A U.S. plan to extend the reach of its derivatives rules across international borders “won’t work” without alteration, a top European regulator said in Washington today.
U.S., Asian and European regulators are gathered in an effort to resolve differences over the international reach of the U.S. swaps rules drafted by the Commodity Futures Trading Commission for Goldman Sachs Group Inc., Deutsche Bank AG and other trading firms. Absent agreement, they risk undermining international efforts to reduce risks in the $648 trillion global swaps market, the overseas regulators told the CFTC.

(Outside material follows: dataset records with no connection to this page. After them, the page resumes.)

//! The numbers of the statuses.

use tapc_core::Status;

#[test]
fn each_status_has_its_number(rt: HostRuntime) {
    for (status, number) in [
        (Status::Done, 0),
        (Status::Refused, 1),
        (Status::Usage, 2),
        (Status::BadSchedule, 3),
        (Status::ReadFault, 4),
        (Status::WriteFault, 5),
        (Status::LinkFault, 6),
        (Status::NoMemory, 7),
        (Status::NotARun, 8),
        (Status::WorldFull, 9),
    ] {
        assert_eq!(rt; status.number(), number, "{status:?}");
    }
}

The G-20 nations set an end-of-the-year goal to complete swaps regulations designed to reduce risk and increase transparency in a market faulted for helping to fuel the 2008 credit crisis. Lack of clarity and international wrangling over the rules threaten to delay the deadline, according to the Financial Stability Board, an international regulatory group that has been monitoring new swaps rules.
The CFTC’s proposal failed to clarify the reach of the rules and could lead to conflicts, according to letters submitted to the CFTC by overseas regulators, including the U.K.’s Financial Services Authority, European Commission, European Securities and Markets Authority, Financial Services Agency in Japan, the Bank of Japan, Bank of France and Swiss Financial Market Supervisory Authority.
DBS Group Holdings Ltd, based in Singapore, and Nordea Bank AB, the Nordic region’s largest lender, have said they won’t need to register in the U.S. under Dodd-Frank rules. “We do not intend to register as a swap dealer in the U.S. because we expect our trading volumes with U.S.-based counterparties to stay below the threshold which triggers the CFTC registration requirement,” Karen Ngui, a Singapore-based spokeswoman for DBS, said in an Oct. 24 e-mail statement.